Each entry below is to be printed verbatim.
(PROVIDED RECORDS)
//! Laws of the definitions alone: the contract of each function is the law, and its body is empty.

ghost use Rattle.model_facts.specs.Assembly.{Assembly};
ghost use Rattle.fact_formulas.specs.Flat.{system_of};
ghost use Rattle.fact_formulas.specs.Numbered.{numbered_of};
ghost use Rattle.system_review.specs.inner.Alone.{HoldTheSame};
ghost use Rattle.model_review.specs.declared.reviewing.Reviewed.{Reviewed};
ghost use Rattle.model_review.specs.inner.Review.{IsReview};
ghost use Rattle.model_review.specs.Seen.{seen_of};
ghost use Rattle.model_review.specs.inner.Joined.{HasNoHidden, HasNoHiddenLine, joined_by};

/// Nothing is lost to the order of conditions, flows and links where nothing is hidden: the same facts hold in the system in which all
/// that covers a fact is joined. And nothing is hidden where no line of the review tells a source, a path or a link as hidden.
pub fn nothing_is_hidden()
    ensures lists { (assembly : Assembly) → HasNoHidden (seen_of assembly) → HoldTheSame (system_of assembly) (joined_by (numbered_of assembly)) }
    ensures lines { (assembly : Assembly) (reviewed : Reviewed) → IsReview assembly reviewed → HasNoHiddenLine reviewed.lines
        → HoldTheSame (system_of assembly) (joined_by (numbered_of assembly)) }
{}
(End PROVIDED RECORDS)
* [RESULT OF THIS EXERCISE]:
//! Laws of the definitions alone: the contract of each function is the law, and its body is empty.

ghost use Rattle.model_facts.specs.Assembly.{Assembly};
ghost use Rattle.fact_formulas.specs.Flat.{system_of};
ghost use Rattle.fact_formulas.specs.Numbered.{numbered_of};
ghost use Rattle.system_review.specs.inner.Alone.{HoldTheSame};
ghost use Rattle.model_review.specs.declared.reviewing.Reviewed.{Reviewed};
ghost use Rattle.model_review.specs.inner.Review.{IsReview};
ghost use Rattle.model_review.specs.Seen.{seen_of};
ghost use Rattle.model_review.specs.inner.Joined.{HasNoHidden, HasNoHiddenLine, joined_by};

/// Nothing is lost to the order of conditions, flows and links where nothing is hidden: the same facts hold in the system in which all
/// that covers a fact is joined. And nothing is hidden where no line of the review tells a source, a path or a link as hidden.
pub fn nothing_is_hidden()
    ensures lists { (assembly : Assembly) → HasNoHidden (seen_of assembly) → HoldTheSame (system_of assembly) (joined_by (numbered_of assembly)) }
    ensures lines { (assembly : Assembly) (reviewed : Reviewed) → IsReview assembly reviewed → HasNoHiddenLine reviewed.lines
        → HoldTheSame (system_of assembly) (joined_by (numbered_of assembly)) }
{}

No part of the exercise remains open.